I’ve written about other good wines from this winery (Great Format, Great Wines…), but this one is part of their Small Lot series made for tasting room and Wine Club use. With only 200 cases produced, I was pleased to be able to taste the Anniversary Blend in our recent Twitter Tasting.

The blend is one we don’t see often: Cabernet Sauvignon (63%) and Tempranillo (37%). You may know that Tempranillo hails from Spain, where it’s used to create long-lived wines with bright cherry fruit and good acid. The Murietta’s Well Cabernet is grown in a vineyard first planted in 1884, which sits in a micro-climate similar to Bordeaux, France. That led me to expect a well-structured, elegant style.

So what happens to these two champion varietals when they meet in this blend?

In the nose, the Cab led the way with a blast of black currant fruit, and then the Tempranillo kicked in.
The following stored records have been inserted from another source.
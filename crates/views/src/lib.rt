// Views as masks: the masks of a record against the store and the client's present view (codes 10 to 12 and 14), the first version that a
// clause misses, and the commits of which a view holds a version. The arrays are described in crates/state/specs.
#![tactic(auto)]

ghost use Rattle.std.specs.Prelude.{◌≡◌, ℕ, ◌<◌};

mod apart;
pub mod held;
pub mod masks;
pub mod missing;
mod prefix;

// The words of all keys together; 0 where each is. All keys are looked at, with no branch.
fn gathered<F: Fn(usize) -> u64>(n: usize, word: F) -> u64
    requires { (k : ℕ) → k < n → F.pre word k }
    ensures none { result ≡ 0 → (k : ℕ) → k < n → F.post word k 0 }
    ensures each { ((k w : ℕ) → k < n → F.post word k w → w ≡ 0) → result ≡ 0 }
{
    let mut all = 0u64;
    for k in 0..n {
        all = sets::union(all, word(k));
    }
    all
}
I was suddenly getting lots of jammy plum and raisin, with a hint of spice.anniversary

The palate showed this wine’s Spanish side. There was a good burst of acid to tame down the very ripe fruit, but now caramel or toffee chimed in. Vanilla from French and American oak came through on the end, with relatively soft tannins.

I was tasting a little too much raisin and toffee for my palate, until I tucked into my dinner, which involved pasta, pesto, fresh tomato and chicken. The Anniversary Blend hooked up beautifully with the food. Like a true European “food wine,” the fruit blended with the pesto and tomato, and the acid in the wine set off the flavors in the food. The wine’s balance and structure were very nicely revealed.

If you can get your hands on a bottle, try Murrieta’s Well Anniversary Blend with a plate of Mediterranean-inspired food. You can create a very nice celebration of your own. Cheers!